Leaving the state and working as a midwife, however, is not as easy as it sounds. Midwifery was illegal in 17 states in 2001, according to the Midwives Alliance of North America.

“There is a lot of work left to do,” Bainbridge said, referring to midwifery’s struggle to regain acceptance.

“We as a society have moved away from giving birth the natural way,” Cameron said. “There is certainly an overtone of patriarchal rule. The church began to oversee medical care, and midwives were often associated with witchcraft. In the United States, midwifery became considered substandard care and was phased out. Now we are making a slow comeback.”
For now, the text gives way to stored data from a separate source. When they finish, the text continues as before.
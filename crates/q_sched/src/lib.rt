//! All rules as one: what a target of any rule is, how it is tested, taken and searched, and when nothing applies; a drive
//! that asks guides which target is next, and searches the rules once no guide is left; and an alarm, for which a search gives way.
#![tactic(auto)]

mod alarm;
mod ascending;
mod asking;
mod drive;
mod fewest;
mod guide;
mod looking;
mod moves;
mod rounds;
mod searches;
mod searching;
mod shortest;
mod turns;

pub use alarm::{Alarm, Never};
pub use drive::Drive;
pub use fewest::FewestFirst;
pub use guide::{Guide, Proposal};
pub use looking::Look;
pub use moves::{GROUPS, Group, Move, RULE_NAMES, RULES};
pub use q_kernel::Taken;
pub use q_logic::Bounds;
pub use searches::Searches;
pub use shortest::ShortestFirst;
pub use turns::Turn;
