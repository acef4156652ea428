//! Keys in ascending order above a cursor, for guides that go through variables or clauses by a number that changes.
use q_logic::NoMemory;
use std::alloc::Global;
use std::cmp::Reverse;
use std::collections::BinaryHeap;

/// A number by which is sorted, and of what it is: a variable or a clause.
pub(crate) type Key = (u32, u32);

/// Keys above a cursor, the least first, and the others, which wait for the next start. Keys may be out of date: whoever
/// takes one looks whether it still holds.
#[derive(Drop)]
pub(crate) struct Ascending {
    ahead: BinaryHeap<Reverse<Key>>,
    passed: Vec<Key>,
    cursor: Option<Key>,
}

impl Ascending {
    pub(crate) fn new(alloc: Global) -> Ascending {
        Ascending {
            ahead: BinaryHeap::new(alloc),
            passed: Vec::new(alloc),
            cursor: None,
        }
    }

    /// How many keys are above the cursor, copies included.
    pub(crate) fn len(&self) -> usize {
        self.ahead.len()
    }

    /// Takes all keys out. The cursor stays.
    pub(crate) fn clear(&mut self) {
        self.ahead.clear();
        self.passed.clear();
    }

    fn is_passed(&self, key: Key) -> bool {
        match self.cursor {
            Some(cursor) => key <= cursor,
            None => false,
        }
    }

    /// Puts a key in, where there is one.
    pub(crate) fn put(&mut self, key: Option<Key>) -> Result<(), NoMemory> {
        let Some(key) = key else {
            return Ok(());
        };
        if self.is_passed(key) {
            self.passed.push(key)?;
        } else {
            self.ahead.push(Reverse(key))?;
        }
        Ok(())
    }

    /// Takes out the least key above the cursor. A second copy of a key at the cursor goes.
    pub(crate) fn pop(&mut self) -> Option<Key> {
        for _ in 0..self.ahead.len() {
            match self.ahead.pop() {
                Some(Reverse(key)) => {
                    if !self.is_passed(key) {
                        return Some(key);
                    }
                }
                None => return None,
            }
        }
        None
    }

    /// Puts the cursor at a key.
    pub(crate) fn pass(&mut self, key: Key) -> Result<(), NoMemory> {
        self.cursor = Some(key);
        self.passed.push(key)?;
        Ok(())
    }

    /// Puts the cursor below all keys.
    pub(crate) fn start_again(&mut self) -> Result<(), NoMemory> {
        self.cursor = None;
        for _ in 0..self.passed.len() {
            if let Some(key) = self.passed.pop() {
                self.ahead.push(Reverse(key))?;
            }
        }
        Ok(())
    }
}
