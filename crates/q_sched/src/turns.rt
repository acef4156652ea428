//! What a turn answers.
/// What a turn did.
#[derive(Clone, Copy, Debug, PartialEq, Eq)]
pub enum Turn {
    /// A target was taken.
    Moved,
    /// A guide was asked or dropped, and the formula is as before.
    Asked,
    /// No target applies.
    Settled,
    /// Some target applies, and the budget is spent.
    Spent,
    /// The alarm rang while the rules were searched, and the formula is as before.
    GaveWay,
}
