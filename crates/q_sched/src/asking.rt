//! One guide is asked.
ghost use Rattle.std.specs.Prelude.{◌≡◌, ◌<◌, IfOk, OnErr, vec_len, reverse};
ghost use Rattle.q_kernel.specs.Prelude.{SameView, IsReady};
ghost use Rattle.q_reduce.specs.Learned.{IsFitFor};
ghost use Rattle.q_logic.specs.Prelude.{Rose};
ghost use Rattle.q_sched.specs.Drives.{AsksOne};
ghost use Rattle.q_sched.specs.Moves.{target_of};
ghost use Rattle.q_sched.specs.Replies.{Replies, Tried};
ghost use Rattle.q_sched.specs.Meanings.{meanings};

use crate::guide::{Guide, Proposal};
use crate::moves::Move;
use crate::searches::Searches;
use q_kernel::{Kernel, Taken};
use q_logic::{Bounds, NoMemory};

// What came of asking a guide.
#[derive(Clone, Copy)]
pub(crate) enum Reply {
    Over,
    Taken,
    Refused,
}

// Takes a target where it applies.
fn follow(
    target: &Move,
    kernel: &mut Kernel,
    searches: &mut Searches,
    bounds: &Bounds,
) -> Result<Reply, NoMemory>
    requires ready { IsReady kernel.old }
    requires fit { IsFitFor kernel.old searches.old }
    ensures reply { IfOk result (λ reply.
        Tried (target_of target.now) bounds.now kernel.old reply kernel.new) }
    ensures err { OnErr result (SameView kernel.old kernel.new) }
    ensures fit { IsFitFor kernel.new searches.new }
{
    match searches.take(kernel, target, bounds)? {
        Taken::Yes => Ok(Reply::Taken),
        Taken::No => Ok(Reply::Refused),
    }
}

// Asks a guide, takes what it proposes where that applies, and tells it.
fn consult(
    guide: &mut Box<dyn Guide>,
    kernel: &mut Kernel,
    searches: &mut Searches,
    bounds: &Bounds,
) -> Result<Reply, NoMemory>
    requires ready { IsReady kernel.old }
    requires fit { IsFitFor kernel.old searches.old }
    ensures rises { Rose (asked guide.old) (asked guide.new) }
    ensures reply { IfOk result (λ reply.
        Replies (last guide.new) (heard guide.new) bounds.now kernel.old reply kernel.new) }
    ensures err { OnErr result (SameView kernel.old kernel.new) }
    ensures fit { IsFitFor kernel.new searches.new }
{
    match guide.propose(kernel) {
        Proposal::Done => Ok(Reply::Over),
        Proposal::NoMemory => Err(NoMemory),
        Proposal::Take(target) => {
            searches.suggest(&target, guide.hint());
            let reply = follow(&target, kernel, searches, bounds)?;
            guide.told(matches!(reply, Reply::Taken));
            Ok(reply)
        }
    }
}

// The same with the last of a list.
pub(crate) fn ask_last(
    waiting: &mut Vec<Box<dyn Guide>>,
    kernel: &mut Kernel,
    searches: &mut Searches,
    bounds: &Bounds,
) -> Result<Reply, NoMemory>
    requires some { 0 < vec_len waiting.old }
    requires ready { IsReady kernel.old }
    requires fit { IsFitFor kernel.old searches.old }
    ensures asks { IfOk result (λ reply.
        AsksOne (meanings (λ b. asked b) (λ b. last b) (λ b. heard b) (reverse waiting.old.items))
        (meanings (λ b. asked b) (λ b. last b) (λ b. heard b) (reverse waiting.new.items)) (λ then.
        Replies then.last then.heard bounds.now kernel.old reply kernel.new)) }
    ensures err { OnErr result (SameView kernel.old kernel.new) }
    ensures err_list { OnErr result
        (AsksOne (meanings (λ b. asked b) (λ b. last b) (λ b. heard b) (reverse waiting.old.items))
        (meanings (λ b. asked b) (λ b. last b) (λ b. heard b) (reverse waiting.new.items)) (λ then.
        Unit {0})) }
    ensures len { vec_len waiting.new ≡ vec_len waiting.old }
    ensures fit { IsFitFor kernel.new searches.new }
{
    let last_place = waiting.len() - 1;
    let reply = consult(&mut waiting[last_place], kernel, searches, bounds)?;
    Ok(reply)
}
Bainbridge said midwifery steps outside the medical boundaries and allows women to experience natural birth.

“Birth was without medical intervention for thousands of years,” Bainbridge said. “The hands-off methods of midwifery allow us to go back to the basics and be natural.”

Surely, Bainbridge will attend many more births in the future, but the memory of her first one will be with her forever.

“I knew what was going on,” she said. “I had been learning about it for a while, but I was still surprised. All of the sudden there was another person in the room.”

The baby girl, just like Bainbridge, had found her way.